Night Of The Living Dead 3D zmienia kultowe zakończenie (i jest do bani)
Night Of The Living Dead 3D zmienia kultowe zakończenie (i jest do bani)
Anonim

Night Of The Living Dead 3D zmienia słynne zakończenie oryginału - i jest do bani. Night Of The Living Dead to jeden z najbardziej przełomowych horrorów wszechczasów. Ten klasyk z 1968 roku wprowadził zombie, jakie znają dziś widzowie, ustanawiając zasady, takie jak strzały w głowę, które są jedynym sposobem, aby je powstrzymać. Dokumentalny reżyseria George'a A Romero, czarno-biała kinematografia i jej niesławne zakończenie to tylko niektóre z powodów, dla których stał się symbolem gatunku.

Niestety, producentom Night Of The Living Dead nie udało się prawidłowo ustawić praw autorskich do filmu, co doprowadziło do niekończącej się liczby oszustw. Romero ostatecznie napisał remake z 1990 roku tylko po to, aby zobaczyć pewne korzyści ze swojego dzieła. Romero napisał także i wyreżyserował kilka filmów kontynuacyjnych, w tym Dawn Of The Dead z 1978 roku. Od serii Resident Evil po The Walking Dead, nie można lekceważyć wpływu Night Of The Living Dead.

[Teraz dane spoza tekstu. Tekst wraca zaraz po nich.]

//! Hunts: many runs that numbers draw, of which the first is wanted that is caught.

ghost use Rattle.std.specs.Prelude.{◌≡◌, ◌<◌, ◌≤◌, true, false, IfOk, IfErr, IfSome, IfNone, Some};
ghost use Rattle.thread_plan.specs.Plans.{IsPlanOf};
ghost use Rattle.commands.specs.Least.{IsLeastCaught};
ghost use Rattle.pick_schedule.specs.Printing.{AreOfThreads};
ghost use Rattle.command_words.specs.declared.requests.HuntForm.TheVariants.{List};
ghost use Rattle.commands.specs.Hunts.{Comes, HasNoSchedule, IsCaughtAnswer, IsFoundSchedule, IsHunted, IsHuntedBy, IsHuntRefusal, IsHuntAnswer, IsHuntRefused, IsScheduleAnswer, IsThreadsAnswer, is_as_drawn, lists, prints};

use crate::fault::Fault;
use crate::files::Files;
use crate::hunt_answers::{caught_lines, told_of};
use crate::hunt_schedules::found_schedule;
use crate::hunt_surveys::{DrawnRuns, LeastCaught, RunLines};
use crate::made_runs::MadeRuns;
use crate::program::{Program, read_program};
use crate::record_answer::RecordAnswer;
use crate::record_command::check_size;
use crate::thread_runs::first_by_threads;
use command_words::{HuntForm, HuntRequest};
use log::Log;
use pick_schedule::Schedule;
use std::alloc::Global;
use std::sync::Wait;
use std::thread::{Threads, available_parallelism};
use wasm_record::survey_numbers;
use wasm_types::NoMemory;

/// How many runs are made at once: as many as are asked for, or as there are processors.
fn jobs_of<T: Threads>(threads: &T, jobs: Option<u32>) -> usize
    ensures { 0 < result }
{
    match jobs {
        Some(jobs) => (jobs as usize).max(1),
        None => match available_parallelism(threads) {
            Ok(processors) => processors.get(),
            Err(_) => 1,
        },
    }
}

/// Whether the pieces of the run that is caught are wanted, as its number draws it.
fn is_as_drawn(request: &HuntRequest<'_>) -> bool
    ensures { result ≡ is_as_drawn request.now.form request.now.shrinks }
{
    match request.form {
        HuntForm::Pieces => !request.shrinks,
        HuntForm::Schedule | HuntForm::List => false,
    }
}

/// Whether the schedule of the run that is caught is wanted.
fn prints(request: &HuntRequest<'_>) -> bool
    ensures { result ≡ prints request.now.form }
{
    match request.form {
        HuntForm::Schedule => true,
        HuntForm::Pieces | HuntForm::List => false,
    }
}

/// The pieces of the run of a number that is caught, to be written.
fn caught_answer<R: Wait>(runs: &DrawnRuns<'_, R>, number: u64) -> Result<RecordAnswer, NoMemory>
    requires suits { IsPlanOf runs.now.program.now.valid runs.now.program.now.plan }
    requires some { 0 < runs.now.request.now.size }
    requires few { runs.now.request.now.size ≤ 4096 }
    requires least { IsLeastCaught (Comes runs.now.program.now.valid runs.now.program.now.plan runs.now.request.now) runs.now.request.now.range.from runs.now.request.now.range.count (Some number) }
    ensures { IfOk result (IsCaughtAnswer runs.now.program.now.valid runs.now.program.now.plan runs.now.request.now) }
{
    let recording = runs.recording(number)?;
    caught_lines(runs.alloc, runs.request, number, recording)
}

/// The schedule of a run that is caught, or its pieces, to be written.
fn answer_by<R: Wait>(
    runs: &DrawnRuns<'_, R>,
    number: u64,
    picks: &Schedule,
) -> Result<RecordAnswer, NoMemory>
    requires suits { IsPlanOf runs.now.program.now.valid runs.now.program.now.plan }
    requires some { 0 < runs.now.request.now.size }
    requires few { runs.now.request.now.size ≤ 4096 }
    requires least { IsLeastCaught (Comes runs.now.program.now.valid runs.now.program.now.plan runs.now.request.now) runs.now.request.now.range.from runs.now.request.now.range.count (Some number) }
    requires found { IsFoundSchedule runs.now.program.now.valid runs.now.program.now.plan runs.now.request.now runs.now.request.now.shrinks number picks.now }
    requires of_threads { AreOfThreads picks.now }
    ensures { IfOk result (IsScheduleAnswer runs.now.program.now.valid runs.now.program.now.plan runs.now.request.now) }
{
    let alloc = runs.alloc;
    let recording = runs.recording_by(picks, number)?;
    if prints(runs.request) {
        let told = told_of(alloc, runs.request, number, &recording)?;
        let text = picks.text(alloc)?;
        return Ok(RecordAnswer::of_text(text.into_bytes(), told));
    }
    caught_lines(alloc, runs.request, number, recording)
}

/// The run of a number that is caught, by its schedule; None where it has none.
fn schedule_answer<R: Wait, L: Log>(
    runs: &DrawnRuns<'_, R>,
    made: &MadeRuns<'_, L>,
    number: u64,
) -> Result<Option<RecordAnswer>, NoMemory>
    requires suits { IsPlanOf runs.now.program.now.valid runs.now.program.now.plan }
    requires some { 0 < runs.now.request.now.size }
    requires few { runs.now.request.now.size ≤ 4096 }
    requires least { IsLeastCaught (Comes runs.now.program.now.valid runs.now.program.now.plan runs.now.request.now) runs.now.request.now.range.from runs.now.request.now.range.count (Some number) }
    ensures answer { IfOk result (λ answer. IfSome answer (IsScheduleAnswer runs.now.program.now.valid runs.now.program.now.plan runs.now.request.now)) }
    ensures none { IfOk result (λ answer. IfNone answer (HasNoSchedule runs.now.program.now.valid runs.now.program.now.plan runs.now.request.now number)) }
{
    let Some(picks) = found_schedule(runs, made, number)? else {
        return Ok(None);
    };
    Ok(Some(answer_by(runs, number, &picks)?))
}

/// The run of a number that is caught, as it is to be written.
fn found_answer<R: Wait, L: Log>(
    runs: &DrawnRuns<'_, R>,
    made: &MadeRuns<'_, L>,
    number: u64,
) -> Result<RecordAnswer, Fault>
    requires suits { IsPlanOf runs.now.program.now.valid runs.now.program.now.plan }
    requires some { 0 < runs.now.request.now.size }
    requires few { runs.now.request.now.size ≤ 4096 }
    requires catches { lists runs.now.request.now.form ≡ false }
    requires least { IsLeastCaught (Comes runs.now.program.now.valid runs.now.program.now.plan runs.now.request.now) runs.now.request.now.range.from runs.now.request.now.range.count (Some number) }
    ensures found { IfOk result (IsHuntedBy runs.now.program.now.valid runs.now.program.now.plan runs.now.request.now runs.now.request.now.form runs.now.request.now.shrinks) }
    ensures refused { IfErr result (IsHuntRefusal runs.now.program.now.valid runs.now.program.now.plan runs.now.request.now) }
{
    if is_as_drawn(runs.request) {
        return match caught_answer(runs, number) {
            Ok(answer) => Ok(answer),
            Err(NoMemory) => Err(Fault::NoMemory),
        };
    }
    match schedule_answer(runs, made, number) {
        Ok(Some(answer)) => Ok(answer),
        Ok(None) => Err(Fault::TooLong),
        Err(NoMemory) => Err(Fault::NoMemory),
    }
}

/// A line for each run.
fn listed<T: Threads + Wait + Sync, L: Log + Sync>(
    threads: &T,
    runs: DrawnRuns<'_, T>,
    made: &MadeRuns<'_, L>,
    jobs: usize,
) -> Result<RecordAnswer, NoMemory>
    requires suits { IsPlanOf runs.program.now.valid runs.program.now.plan }
    requires jobs { 0 < jobs }
    ensures { IfOk result (IsHuntedBy runs.entry.program.now.valid runs.entry.program.now.plan runs.entry.request.now List runs.entry.request.now.shrinks) }
{
    let alloc = runs.alloc;
    let range = runs.request.range;
    let lines = RunLines { runs, made };
    let text = survey_numbers(threads, alloc, &lines, range.from, range.count, jobs)?;
    Ok(RecordAnswer::of_text(text.into_bytes(), Vec::new(alloc)))
}

/// The first run that is caught.
fn caught<T: Threads + Wait + Sync, L: Log + Sync>(
    threads: &T,
    runs: DrawnRuns<'_, T>,
    made: &MadeRuns<'_, L>,
    jobs: usize,
) -> Result<RecordAnswer, Fault>
    requires suits { IsPlanOf runs.program.now.valid runs.program.now.plan }
    requires some { 0 < runs.request.now.size }
    requires few { runs.request.now.size ≤ 4096 }
    requires jobs { 0 < jobs }
    requires catches { lists runs.request.now.form ≡ false }
    requires by_numbers { runs.request.now.by_threads ≡ false }
    ensures found { IfOk result (IsHuntedBy runs.entry.program.now.valid runs.entry.program.now.plan runs.entry.request.now runs.entry.request.now.form runs.entry.request.now.shrinks) }
    ensures refused { IfErr result (IsHuntRefusal runs.entry.program.now.valid runs.entry.program.now.plan runs.entry.request.now) }
{
    let range = runs.request.range;
    let least = LeastCaught { runs, made };
    match survey_numbers(
        threads,
        least.runs.alloc,
        &least,
        range.from,
        range.count,
        jobs,
    ) {
        Ok(Some(number)) => found_answer(&least.runs, made, number),
        Ok(None) => Err(Fault::NotCaught),
        Err(NoMemory) => Err(Fault::NoMemory),
    }
}

/// The first run by threads that is caught.
fn hunted_by_threads<T: Threads + Wait + Sync, L: Log>(
    threads: &T,
    alloc: Global,
    program: &Program,
    request: &HuntRequest<'_>,
    made: &MadeRuns<'_, L>,
) -> Result<RecordAnswer, Fault>
    requires suits { IsPlanOf program.now.valid program.now.plan }
    requires some { 0 < request.now.size }
    requires few { request.now.size ≤ 4096 }
    requires by_threads { request.now.by_threads ≡ true }
    ensures found { IfOk result (IsThreadsAnswer program.now.valid program.now.plan request.now) }
    ensures refused { IfErr result (IsHuntRefusal program.now.valid program.now.plan request.now) }
{
    let found = match first_by_threads(threads, alloc, program, request, made) {
        Ok(Some(found)) => found,
        Ok(None) => return Err(Fault::NotCaught),
        Err(NoMemory) => return Err(Fault::NoMemory),
    };
    match caught_lines(alloc, request, found.number, found.recording) {
        Ok(answer) => Ok(answer),
        Err(NoMemory) => Err(Fault::NoMemory),
    }
}

/// What is found of the runs that numbers draw of a program.
fn hunted_at_random<T: Threads + Wait + Sync, L: Log + Sync>(
    threads: &T,
    alloc: Global,
    program: &Program,
    request: &HuntRequest<'_>,
    made: &MadeRuns<'_, L>,
) -> Result<RecordAnswer, Fault>
    requires suits { IsPlanOf program.now.valid program.now.plan }
    requires some { 0 < request.now.size }
    requires few { request.now.size ≤ 4096 }
    requires by_numbers { request.now.by_threads ≡ false }
    ensures found { IfOk result (IsHuntedBy program.now.valid program.now.plan request.now request.now.form request.now.shrinks) }
    ensures refused { IfErr result (IsHuntRefusal program.now.valid program.now.plan request.now) }
{
    let jobs = jobs_of(threads, request.jobs);
    let runs = DrawnRuns {
        rt: threads,
        alloc,
        program,
        request,
    };
    match request.form {
        HuntForm::Pieces | HuntForm::Schedule => caught(threads, runs, made, jobs),
        HuntForm::List => match listed(threads, runs, made, jobs) {
            Ok(answer) => Ok(answer),
            Err(NoMemory) => Err(Fault::NoMemory),
        },
    }
}

/// What is found of the runs of a program. The size of the pieces is judged before.
fn hunted<T: Threads + Wait + Sync, L: Log + Sync>(
    threads: &T,
    alloc: Global,
    program: &Program,
    request: &HuntRequest<'_>,
    made: &MadeRuns<'_, L>,
) -> Result<RecordAnswer, Fault>
    requires { IsPlanOf program.now.valid program.now.plan }
    ensures hunted { IfOk result (IsHunted program.now.valid program.now.plan request.now request.now.by_threads) }
    ensures refused { IfErr result (IsHuntRefusal program.now.valid program.now.plan request.now) }
{
    if let Err(fault) = check_size(request.size) {
        return Err(Fault::Pieces(fault));
    }
    if request.by_threads {
        hunted_by_threads(threads, alloc, program, request, made)
    } else {
        hunted_at_random(threads, alloc, program, request, made)
    }
}

/// What is found of many runs: the pieces or the schedule of the first that is caught, or a line for each. The module is
/// read and judged, then the plan, then the size of the pieces. Unless the request is quiet, a record of the target
/// `PROGRESS` tells `rt` of each run that is made, from the thread that made it, and one more that all are made.
pub fn hunt<L: Log + Sync, T: Threads + Wait + Sync, F: Files>(
    rt: &L,
    threads: &T,
    alloc: Global,
    files: &mut F,
    request: &HuntRequest<'_>,
) -> Result<RecordAnswer, Fault>
    ensures hunted { IfOk result (λ answer. IsHuntAnswer (F.holds files.old) request.now answer) }
    ensures refused { IfErr result (λ fault. IsHuntRefused (F.holds files.old) (F.fails files.old) request.now fault) }
{
    let program = match read_program(rt, alloc, files, request.module, request.plan) {
        Ok(program) => program,
        Err(fault) => return Err(fault),
    };
    let made = MadeRuns::new(rt, request);
    let answer = hunted(threads, alloc, &program, request, &made);
    made.end();
    answer
}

Kontynuuj przewijanie, aby kontynuować czytanie Kliknij przycisk poniżej, aby rozpocząć ten artykuł w trybie szybkiego podglądu.

Zacząć teraz

Jednym z najbardziej znanych elementów oryginalnej Night Of The Living Dead jest jej szokujące zakończenie. W ostatniej scenie Ben (Duane Jones) jest jedynym ocalałym z oblężenia. Słyszy grupę strzelającą do zombie na zewnątrz, ale kiedy wychodzi na zewnątrz, mylą Bena z zombie i strzelają mu w głowę; zostaje następnie rzucony na płonącą kupę ciał. Zakończenie jest nie tylko uderzeniem brzucha, ale ma też dodatkową wagę, ponieważ Ben był Afroamerykaninem, co było niezwykle rzadkie w filmie z tamtej epoki. Night Of The Living Dead 3D to remake z 2006 roku, który próbował zarobić na popularności zombie i mody 3D tamtych czasów i nadał historii bezzębne nowe zakończenie.

Night Of The Living Dead 3D opowiada tę samą podstawową historię z oryginału, z odnowionymi postaciami oryginalnych postaci, w tym nudną studencką wersją Bena. Film dodaje więcej krwi i seksu, a wątek poboczny ujawniający złowrogiego pogrzebowego Geralda (Sig Haig, 3 From Hell), jest w rzeczywistości tym, który ożywia zmarłych. Prowadzi to do starcia w garażu pełnym zombie, gdzie Gerald zostaje zjedzony, a Barbara i Ben ledwo wychodzą na zewnątrz. Mają broń z jedną kulą, a Barbara decyduje, że nie mogą uciec i prosi Bena, aby ją zabił. Wtedy zauważają, że Ben został przebity łyżką do opon - czego jakoś nie czuł - i zamienia się w zombie. Barbara strzela do niego, a potem drzwi garażu się otwierają; Barbara nie próbuje uciekać, gdy ją roi,i słychać jej krzyk, gdy ekran zamarza na dłoni zombie.

Night Of The Living Dead 3D to tani, ponury remake, który próbuje iść na czarny humor, ale oprócz ujmującego zwrotu Haiga, jest to slog. Dodając zniewagę do obrażeń, w niektórych scenach odtwarza klipy z oryginału w telewizji. To zakończenie nigdy nie przewyższyło surowego szoku filmu George'a Romero, ale nawet przy tych niskich oczekiwaniach jest do bani. Wersja Bena w remake'u nie jest bytem, ​​więc jego śmierć nie ma żadnego znaczenia, a decyzja Barbary, by nie startować, jest po prostu dziwna. Remake później otrzymał prequel z 2012 roku w Night Of The Living Dead 3D: Re-Animation, który jest jeszcze bardziej możliwy do pominięcia.